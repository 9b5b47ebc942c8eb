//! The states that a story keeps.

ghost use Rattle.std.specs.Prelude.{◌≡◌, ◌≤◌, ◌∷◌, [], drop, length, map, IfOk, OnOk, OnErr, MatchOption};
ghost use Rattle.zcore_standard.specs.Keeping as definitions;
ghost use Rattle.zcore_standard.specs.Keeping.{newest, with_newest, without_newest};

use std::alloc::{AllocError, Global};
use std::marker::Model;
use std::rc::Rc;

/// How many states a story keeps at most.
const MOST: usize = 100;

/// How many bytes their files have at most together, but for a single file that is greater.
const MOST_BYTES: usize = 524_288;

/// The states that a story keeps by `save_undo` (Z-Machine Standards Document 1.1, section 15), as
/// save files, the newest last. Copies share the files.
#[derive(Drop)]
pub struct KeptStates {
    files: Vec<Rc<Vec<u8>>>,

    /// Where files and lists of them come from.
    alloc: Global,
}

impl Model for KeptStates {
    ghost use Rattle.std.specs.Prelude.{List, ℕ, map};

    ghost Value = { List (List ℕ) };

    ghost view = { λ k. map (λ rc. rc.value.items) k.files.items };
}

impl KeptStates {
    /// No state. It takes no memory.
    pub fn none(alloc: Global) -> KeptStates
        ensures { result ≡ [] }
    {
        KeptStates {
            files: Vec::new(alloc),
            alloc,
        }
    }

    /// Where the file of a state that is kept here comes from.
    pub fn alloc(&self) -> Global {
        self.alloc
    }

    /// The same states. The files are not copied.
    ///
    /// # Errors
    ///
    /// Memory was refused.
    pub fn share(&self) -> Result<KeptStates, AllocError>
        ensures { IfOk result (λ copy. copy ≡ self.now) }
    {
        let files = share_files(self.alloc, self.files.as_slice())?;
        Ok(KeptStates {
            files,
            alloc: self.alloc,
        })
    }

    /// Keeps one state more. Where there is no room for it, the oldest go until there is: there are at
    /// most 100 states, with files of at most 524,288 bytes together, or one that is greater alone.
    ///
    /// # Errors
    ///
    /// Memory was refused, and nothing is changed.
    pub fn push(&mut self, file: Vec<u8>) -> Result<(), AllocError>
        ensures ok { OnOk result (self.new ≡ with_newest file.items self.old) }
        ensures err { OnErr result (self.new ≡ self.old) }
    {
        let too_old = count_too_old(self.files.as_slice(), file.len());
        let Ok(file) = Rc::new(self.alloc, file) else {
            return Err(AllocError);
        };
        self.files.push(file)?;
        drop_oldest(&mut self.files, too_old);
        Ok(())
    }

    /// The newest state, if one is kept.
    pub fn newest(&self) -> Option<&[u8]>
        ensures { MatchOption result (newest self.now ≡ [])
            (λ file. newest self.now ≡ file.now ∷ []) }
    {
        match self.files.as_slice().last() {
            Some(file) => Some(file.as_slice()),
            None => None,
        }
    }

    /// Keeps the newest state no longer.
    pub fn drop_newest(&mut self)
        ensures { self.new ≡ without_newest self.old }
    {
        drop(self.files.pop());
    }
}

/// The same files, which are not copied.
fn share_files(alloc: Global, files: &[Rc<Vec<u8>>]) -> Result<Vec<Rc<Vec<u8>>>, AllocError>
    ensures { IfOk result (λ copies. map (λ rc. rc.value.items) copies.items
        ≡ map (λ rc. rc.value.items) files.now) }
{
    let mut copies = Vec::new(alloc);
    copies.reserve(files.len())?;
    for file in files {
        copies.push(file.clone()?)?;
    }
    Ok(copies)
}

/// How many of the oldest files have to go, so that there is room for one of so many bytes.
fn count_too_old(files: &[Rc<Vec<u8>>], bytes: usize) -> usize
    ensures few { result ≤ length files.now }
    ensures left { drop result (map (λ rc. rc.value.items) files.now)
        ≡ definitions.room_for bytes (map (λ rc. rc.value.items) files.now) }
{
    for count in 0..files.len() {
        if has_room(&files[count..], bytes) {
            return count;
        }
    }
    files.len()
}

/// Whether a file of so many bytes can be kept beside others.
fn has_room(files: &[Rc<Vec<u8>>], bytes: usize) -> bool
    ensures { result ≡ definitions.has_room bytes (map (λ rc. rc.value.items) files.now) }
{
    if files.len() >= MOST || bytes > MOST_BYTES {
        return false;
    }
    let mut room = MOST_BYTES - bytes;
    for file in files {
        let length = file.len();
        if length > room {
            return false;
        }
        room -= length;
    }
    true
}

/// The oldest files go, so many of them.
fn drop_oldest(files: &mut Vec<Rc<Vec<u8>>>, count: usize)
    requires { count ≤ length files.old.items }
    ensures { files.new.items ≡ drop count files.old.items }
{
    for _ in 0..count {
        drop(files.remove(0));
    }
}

---------------

Task statement
Print exactly the lines of the records from the one containing "which are not copied." through the end, and nothing besides them.

Output
/// The same files, which are not copied.
fn share_files(alloc: Global, files: &[Rc<Vec<u8>>]) -> Result<Vec<Rc<Vec<u8>>>, AllocError>
    ensures { IfOk result (λ copies. map (λ rc. rc.value.items) copies.items
        ≡ map (λ rc. rc.value.items) files.now) }
{
    let mut copies = Vec::new(alloc);
    copies.reserve(files.len())?;
    for file in files {
        copies.push(file.clone()?)?;
    }
    Ok(copies)
}

/// How many of the oldest files have to go, so that there is room for one of so many bytes.
fn count_too_old(files: &[Rc<Vec<u8>>], bytes: usize) -> usize
    ensures few { result ≤ length files.now }
    ensures left { drop result (map (λ rc. rc.value.items) files.now)
        ≡ definitions.room_for bytes (map (λ rc. rc.value.items) files.now) }
{
    for count in 0..files.len() {
        if has_room(&files[count..], bytes) {
            return count;
        }
    }
    files.len()
}

/// Whether a file of so many bytes can be kept beside others.
fn has_room(files: &[Rc<Vec<u8>>], bytes: usize) -> bool
    ensures { result ≡ definitions.has_room bytes (map (λ rc. rc.value.items) files.now) }
{
    if files.len() >= MOST || bytes > MOST_BYTES {
        return false;
    }
    let mut room = MOST_BYTES - bytes;
    for file in files {
        let length = file.len();
        if length > room {
            return false;
        }
        room -= length;
    }
    true
}

/// The oldest files go, so many of them.
fn drop_oldest(files: &mut Vec<Rc<Vec<u8>>>, count: usize)
    requires { count ≤ length files.old.items }
    ensures { files.new.items ≡ drop count files.old.items }
{
    for _ in 0..count {
        drop(files.remove(0));
    }
}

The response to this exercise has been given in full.